I'll fully agree that you've got to be careful here, but think of the damage whacking a wheel repeatedly with a 20# sledge can do. Get my drift?


----------



## coldcoffee (Jul 17, 2008)

The heavier the hammer the better. Not saying a 5# won't work, but I can usually pop a steel rim w/ about 3-5 wacks.


----------



## coldcoffee (Jul 17, 2008)

Too Stroked;1320673 said:


> I'll fully agree that you've got to be careful here, but think of the damage whacking a wheel repeatedly with a 20# sledge can do. Get my drift?


For myself, I find that the less number of strikes the better. Smaller hammers can require a lot more strikes, then those strikes tend to get sloppy. Unless your on a lift, it's a bit awkward of a swing.


----------



## rick502 (Jan 5, 2011)

I use a 4 pounder and start in near the hub. If that doeasnt get it I rotate the tire while striking the bead. Never had to use more than that. Insert your own size joke here.


----------



## cosgo (Jan 8, 2010)

Get a big sledge like others said. Also, If you're careful, you can add some heat to it. If you havent done it before, then i dont recommend it.... and again, add some antiseize before putting it back together - apply right to the face of the hub.


----------



## Motorman 007 (Jan 11, 2005)

Way back I had a job in the tire changing section of the automotive department at Lechmere. (yes, way back when!!) When we had the situation described we would take another mounted tire and throw it, like a frisbee, on it's side, directly at the bottom of the tire that was frozen on the hub.
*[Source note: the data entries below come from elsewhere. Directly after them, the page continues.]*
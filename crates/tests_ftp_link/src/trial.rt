// Lines of cases, each carried out behind the lines before it.
use crate::scripted::ScriptedLink;
use dl_kinds::Text;
use ftp_link::{FtpRoom, FtpTalk, Loss, probe};
use ftp_places::FtpPlace;
use span_map::JobPart;
use std::alloc::Global;
use std::test::Fail;

/// A server with one file.
#[derive(Drop)]
pub struct Trial {
    alloc: Global,
    url: Text,
    replies: Vec<Vec<u8>>,
    file: Vec<u8>,
    // How many bytes come at once, in a run for each.
    cuts: Vec<u32>,
}

fn cuts_of(alloc: Global, words: &str) -> Result<Vec<u32>, Fail> {
    let mut cuts = Vec::new(alloc);
    for word in words.split(' ') {
        cuts.push(word.parse::<u32>()?)?;
    }
    Ok(cuts)
}

// What a loss says.
fn shown(alloc: Global, loss: Loss) -> Result<String, Fail> {
    Ok(match loss {
        Loss::Link { count } => format!(in alloc; "link {count}")?,
        Loss::NotFound => String::from_str(alloc, "not found")?,
        Loss::Refused { status, code } => format!(in alloc; "refused {status} {}", code.0)?,
        Loss::BadReply => String::from_str(alloc, "bad reply")?,
        Loss::Length { told, want } => format!(in alloc; "length {told} for {want}")?,
        Loss::Short { got } => format!(in alloc; "short {got}")?,
        Loss::Redirects => String::from_str(alloc, "redirects")?,
        Loss::NoMemory => String::from_str(alloc, "memory")?,
    })
}

// The numbers of a part: `3+2/9`.
fn part_of(url: Text, word: &str) -> Result<JobPart, Fail> {
    let (at, rest) = word.split_once('+').ok_or("a part is wanted")?;
    let (len, total) = rest.split_once('/').ok_or("a part is wanted")?;
    Ok(JobPart {
        url,
        at: at.parse::<u64>()?,
        len: len.parse::<u64>()?,
        total: total.parse::<u64>()?,
    })
}

impl Trial {
    /// Before the first line.
    pub fn new(alloc: Global) -> Result<Trial, Fail> {
        Ok(Trial {
            alloc,
            url: Text::of(alloc, "")?,
            replies: Vec::new(alloc),
            file: Vec::new(alloc),
            cuts: Vec::new(alloc),
        })
    }

    // A link to the server, which gives at most so many bytes at once.
    fn link(&self, cut: u32) -> Result<ScriptedLink, Fail> {
        let mut replies = Vec::new(self.alloc);
        for reply in self.replies.iter() {
            replies.push(reply.as_slice().to_vec(self.alloc)?)?;
        }
        let file = self.file.as_slice().to_vec(self.alloc)?;
        Ok(ScriptedLink::new(self.alloc, replies, file, cut as usize))
    }

    fn place(&self) -> Result<FtpPlace, Fail> {
        Ok(
            FtpPlace::of(self.alloc, self.url.as_str())
                .ok()
                .ok_or("no URL of FTP")?,
        )
    }

    // What came of a part, read by so many bytes at once.
    fn read(&self, link: &mut ScriptedLink, word: &str, allow: u32) -> Result<String, Fail> {
        let url = Text::of(self.alloc, self.url.as_str())?;
        let part = part_of(url, word)?;
        if part.len == 0 || part.at > part.total || part.len > part.total - part.at || allow == 0 {
            return Err("no part")?;
        }
        let room = FtpRoom::new(self.alloc)?;
        let mut talk = FtpTalk::new(part, self.place()?, room);
        let mut came = Vec::with_capacity(self.alloc, 4096)?;
        let mut taken: u64 = 0;
        for _ in 0..100_000 {
            let spare = came.capacity() - came.len();
            if spare == 0 {
                return Err("too much came")?;
            }
            match talk.read(self.alloc, link, &mut came, spare, allow) {
                Ok(read) => {
                    taken = taken.saturating_add(u64::from(read.taken));
                    if read.done {
                        return self.came(&came, "all came", taken);
                    }
                }
                Err(loss) => {
                    taken = taken.saturating_add(u64::from(talk.taken()));
                    let loss = shown(self.alloc, loss)?;
                    return self.came(&came, loss.as_str(), taken);
                }
            }
        }
        Err("it doesn't end")?
    }

    fn came(&self, bytes: &[u8], how: &str, taken: u64) -> Result<String, Fail> {
        let text = str::from_utf8(bytes).ok().ok_or("no text")?;
        Ok(format!(in self.alloc; "{how}: {text}: {taken} bytes")?)
    }

    // What is told of the length.
    fn length(&self, link: &mut ScriptedLink) -> Result<String, Fail> {
        let mut room = FtpRoom::new(self.alloc)?;
        match probe(self.alloc, link, &self.place()?, &mut room) {
            Ok(size) => Ok(format!(in self.alloc; "length {size}")?),
            Err(loss) => shown(self.alloc, loss),
        }
    }

    // What comes of a part, or of the length where there is none, over links of each kind: each thing once.
    fn runs(&self, word: &str) -> Result<String, Fail> {
        let mut told: Vec<String> = Vec::new(self.alloc);
        for cut in self.cuts.iter() {
            let mut link = self.link(*cut)?;
            let came = if word.is_empty() {
                self.length(&mut link)?
            } else {
                self.read(&mut link, word, *cut)?
            };
            let calls = link.list().replace(self.alloc, "\r\n", "|")?;
            let text = format!(in self.alloc; "{} <{}>", came.as_str(), calls.as_str())?;
            if !told.contains(&text) {
                told.push(text)?;
            }
        }
        self.joined(&told)
    }

    fn joined(&self, texts: &[String]) -> Result<String, Fail> {
        let mut text = String::new(self.alloc);
        for one in texts {
            let line = if text.is_empty() { "" } else { "\n  " };
            write!(text, "{line}{}", one.as_str())?;
        }
        Ok(text)
    }

    /// What comes of a line, if it asks something.
    pub fn told(&mut self, line: &str) -> Result<Option<String>, Fail> {
        if line.is_empty() || line.starts_with('#') {
            return Ok(None);
        }
        let (word, rest) = line.split_once(' ').unwrap_or((line, ""));
        match word {
            "url" => self.url = Text::of(self.alloc, rest)?,
            "file" => self.file = rest.as_bytes().to_vec(self.alloc)?,
            "script" => self.replies = Vec::new(self.alloc),
            "say" => {
                let text = rest.replace(self.alloc, '|', "\r\n")?;
                self.replies.push(text.into_bytes())?;
            }
            "cuts" => self.cuts = cuts_of(self.alloc, rest)?,
            "part" => return Ok(Some(self.runs(rest)?)),
            "length" => return Ok(Some(self.runs("")?)),
            _ => return Err("no line of a case")?,
        }
        Ok(None)
    }
}
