// The history of a run, in numbers.
use anyhow::Result;
use machine_core::{Event, Journal};
use std::alloc::Global;

/// The kinds of events, as docs/HISTORIES.md lists them.
const KINDS: [&str; 13] = [
    "Called", "Sized", "Opened", "Claimed", "Landed", "Settled", "Cleared", "Lost", "Saved",
    "Checked", "Ended", "Left", "Stopped",
];

fn kind_of(event: &Event) -> &'static str {
    match event {
        Event::Called { .. } => "Called",
        Event::Sized { .. } => "Sized",
        Event::Opened { .. } => "Opened",
        Event::Claimed { .. } => "Claimed",
        Event::Landed { .. } => "Landed",
        Event::Settled { .. } => "Settled",
        Event::Cleared { .. } => "Cleared",
        Event::Lost { .. } => "Lost",
        Event::Saved { .. } => "Saved",
        Event::Checked { .. } => "Checked",
        Event::Ended { .. } => "Ended",
        Event::Left => "Left",
        Event::Stopped => "Stopped",
    }
}

// How many events are of a kind.
fn count_of(journal: &Journal, kind: &str) -> u32 {
    let mut count: u32 = 0;
    for place in 0..journal.len() {
        if let Some(event) = journal.get(place) {
            if kind_of(event) == kind {
                count = count.saturating_add(1);
            }
        }
    }
    count
}

/// How many events of each kind there are, without those of which there is none.
pub fn tally(alloc: Global, journal: &Journal) -> Result<String> {
    let mut told = String::new(alloc);
    for kind in KINDS {
        let count = count_of(journal, kind);
        if count > 0 {
            let comma = if told.is_empty() { "" } else { ", " };
            write!(told, "{comma}{kind} {count}")?;
        }
    }
    Ok(told)
}

/// Whether the calls in the history are these, each of its session and at its place, and no others.
pub fn are_calls(journal: &Journal, noted: &[(u32, u32)]) -> bool {
    let mut left = noted;
    for place in 0..journal.len() {
        if let Some(Event::Called { session, .. }) = journal.get(place) {
            match left {
                [first, others @ ..] if *first == (*session, place) => left = others,
                _ => return false,
            }
        }
    }
    left.is_empty()
}
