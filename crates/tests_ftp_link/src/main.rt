//! Worked cases of dialogues with FTP servers: what is sent, what comes, and what each loss says. The words name files of
//! cases. Each line of them is printed, and behind it, after two spaces, what comes of it. `data/README` tells how cases
//! are written.
#![tactic(auto)]

mod scripted;
mod trial;

use std::rt::{Env, Files};
use std::test::Fail;
use std::{env, fs};
use trial::Trial;

// Carries the cases of a text out, line by line.
fn try_cases<R: Print + AllocGlobal>(rt: &R, text: &str) -> Result<(), Fail> {
    let mut trial = Trial::new(rt.alloc())?;
    for line in text.lines() {
        println!(rt; "{line}")?;
        if let Some(told) = trial.told(line)? {
            println!(rt; "  {told}")?;
        }
    }
    Ok(())
}

// Carries the cases of all files out that the words name.
fn try_files<R: Env + Files + Print + AllocGlobal>(rt: &R) -> Result<(), Fail> {
    for word in env::args(rt)?.skip(1) {
        let text = fs::read_to_string(rt, word.as_str())?;
        try_cases(rt, text.as_str())?;
    }
    Ok(())
}

fn main(rt: HostRuntime) -> Result<(), Fail> {
    try_files(&rt)
}
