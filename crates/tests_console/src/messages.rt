// Requests of clients, and what they are sent.
use crate::spelling::{repeated, shown};
use anyhow::{Context, Result};
use dl_kinds::Blob;
use std::alloc::Global;

/// A request with this content.
pub fn posted(alloc: Global, content: &[u8]) -> Result<Vec<u8>> {
    let head = format!(in alloc;
        "POST /jsonrpc HTTP/1.1\r\nHost: localhost:6800\r\nContent-Length: {}\r\n\r\n",
        content.len()
    )?;
    let mut bytes = head.as_bytes().to_vec(alloc)?;
    bytes.extend_from_slice(content)?;
    Ok(bytes)
}

/// The content that asks for a method, with parameters behind a space or none, under the id 1.
fn call_content(alloc: Global, call: &str) -> Result<Vec<u8>> {
    let (method, params) = call.split_once(' ').unwrap_or((call, "[]"));
    let content = format!(in alloc;
        r#"{{"jsonrpc":"2.0","id":1,"method":"{method}","params":{params}}}"#
    )?;
    Ok(content.as_bytes().to_vec(alloc)?)
}

/// The content of a request, by the word and the rest of its line; none for another word.
pub fn content_of(alloc: Global, word: &str, rest: &str) -> Result<Option<Vec<u8>>> {
    match word {
        "call" => Ok(Some(call_content(alloc, rest)?)),
        "post" => Ok(Some(rest.as_bytes().to_vec(alloc)?)),
        "make" => Ok(Some(repeated(alloc, rest)?)),
        _ => Ok(None),
    }
}

// The content of a response with status 200, whose head is as it has to be.
fn content_sent<'a>(alloc: Global, sent: &'a str) -> Result<Option<&'a str>> {
    let Some((_, content)) = sent.split_once("\r\n\r\n") else {
        return Ok(None);
    };
    let head = format!(in alloc;
        "HTTP/1.1 200 OK\r\nContent-Type: application/json-rpc\r\nContent-Length: {}\r\n\r\n",
        content.len()
    )?;
    if sent.strip_prefix(head.as_str()) == Some(content) {
        Ok(Some(content))
    } else {
        Ok(None)
    }
}

/// Shows the response to a content: the content of one with status 200, whose head is as it has to be, and any other whole.
pub fn shown_response(alloc: Global, sent: &[u8]) -> Result<String> {
    let text = str::from_utf8(sent).ok().context("no text was sent")?;
    let told = content_sent(alloc, text)?.unwrap_or(text);
    shown(alloc, told.as_bytes())
}

/// The one client that sends these bytes.
pub fn one_client(alloc: Global, bytes: Vec<u8>) -> Result<Vec<Blob>> {
    let mut clients = Vec::new(alloc);
    clients.push(Blob::wrap(bytes))?;
    Ok(clients)
}
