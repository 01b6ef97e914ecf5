// The operations of workers, and what they are answered.
ghost use Rattle.engine_turns.specs.RunTurns.{IsLawfulOperation};
ghost use Rattle.std.specs.Prelude.{IfOk};

use crate::spelling::repeated;
use anyhow::{Context, Result, bail};
use dl_kinds::{Blob, Gid, Moment, Run};
use engine_turns::{Grant, Operation, Said};
use std::alloc::Global;
use verify_piece::Sealed;

/// The operation that a line tells of.
pub fn operation_of(alloc: Global, line: &str, now: Moment) -> Result<Operation>
    ensures { IfOk result IsLawfulOperation }
{
    let words: Vec<&str> = line.split(' ').collect(alloc)?;
    Ok(match words.as_slice() {
        ["next", worker] => {
            let worker = worker.parse::<u32>()?;
            Operation::Next { worker, now }
        }
        ["size", claim, total] => {
            let total = total.parse::<u64>()?;
            Operation::Sized {
                claim: claim.parse::<u64>()?,
                total,
                now,
            }
        }
        ["deliver", claim, first, count, bytes] => {
            let run = Run {
                first: first.parse::<u32>()?,
                count: count.parse::<u32>()?,
            };
            Operation::Deliver {
                claim: claim.parse::<u64>()?,
                run,
                bytes: Blob::wrap(repeated(alloc, bytes)?),
                now,
            }
        }
        ["seal", gid, piece, bytes] => {
            let bytes = Blob::wrap(repeated(alloc, bytes)?);
            let gid = Gid::read(gid).context("a gid is wanted")?;
            Operation::Seal {
                gid,
                sealed: Sealed::of(piece.parse::<u32>()?, bytes),
                now,
            }
        }
        _ => bail!("no operation: {line}"),
    })
}

fn shown_grant(alloc: Global, grant: &Grant) -> Result<String> {
    Ok(match grant {
        Grant::Fetch(fetch) => {
            let run = fetch.job.run;
            format!(in alloc;
                "claim {}: fetch blocks {}+{}",
                fetch.claim, run.first, run.count
            )?
        }
        Grant::Probe { claim, .. } => format!(in alloc; "claim {claim}: probe")?,
        Grant::Hash { piece, .. } => format!(in alloc; "hash piece {piece}")?,
    })
}

/// What an operation is answered.
pub fn shown_answer(alloc: Global, said: &Said) -> Result<String> {
    Ok(match said {
        Said::Grant(grant) => shown_grant(alloc, grant)?,
        Said::Kept { counted, repeated } => {
            format!(in alloc; "{counted} kept, {repeated} again")?
        }
        Said::Void => String::from_str(alloc, "void")?,
        Said::Idle => String::from_str(alloc, "idle")?,
        Said::Done => String::from_str(alloc, "done")?,
        Said::Finished => String::from_str(alloc, "finished")?,
        _ => bail!("another answer"),
    })
}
The frozen on tire needs to be about 3 inches off the ground. 9 times out of 10, the force would snap it loose. Sounds stupid but it works.....


----------



## BlizzardBeater (Aug 29, 2010)

Do not run the truck with loose lug nuts, trust me. I've seen people do this. You more than likely will not hurt yourself, but I have replaced studs before for people because the wheel did pop loose and sheer the studs. A very large sledge, like a 20#, to the back of the rim will get it off. If they are alloy rims or you are concerned about damaging them, stand a block of wood up against the back of the rim and hit that. They key to this is not to be gentle, you really need to wail on it.


----------



## MikeRi24 (Dec 21, 2007)

CRC Aerosol makes something called Freeze Off or Freeze Your Nuts Off...something like that.It makes some kind of chemical reaction with metal and rust that makes it so cold it supposedly breaks the rust and frees things up. It works great I use it all the time for extremely rusted bolts. Anyway, it comes with e spray needle, use that and stick it right down in between the wheel spokes and soak it around the studs or as close as you can get. blast the outside of the studs and around the center ole as well. You spray it on steady (use a lot of it) and let it soak for a couple min and the whack the tire (not the rim) with a dead-blow hammer. Should pop it off. When I was an oil change monkey at a Chevy dealer a few years ago, we used to do that routine with great success.


----------



## mayhem (Aug 25, 2006)

Soak it overnight from the backside and then smack a block of wood thats held up to the bacside edge of the rim. I would not advise hitting the rim directly with a sledgehammer. Too risky of either bending the lip or cracking it if they're alloys.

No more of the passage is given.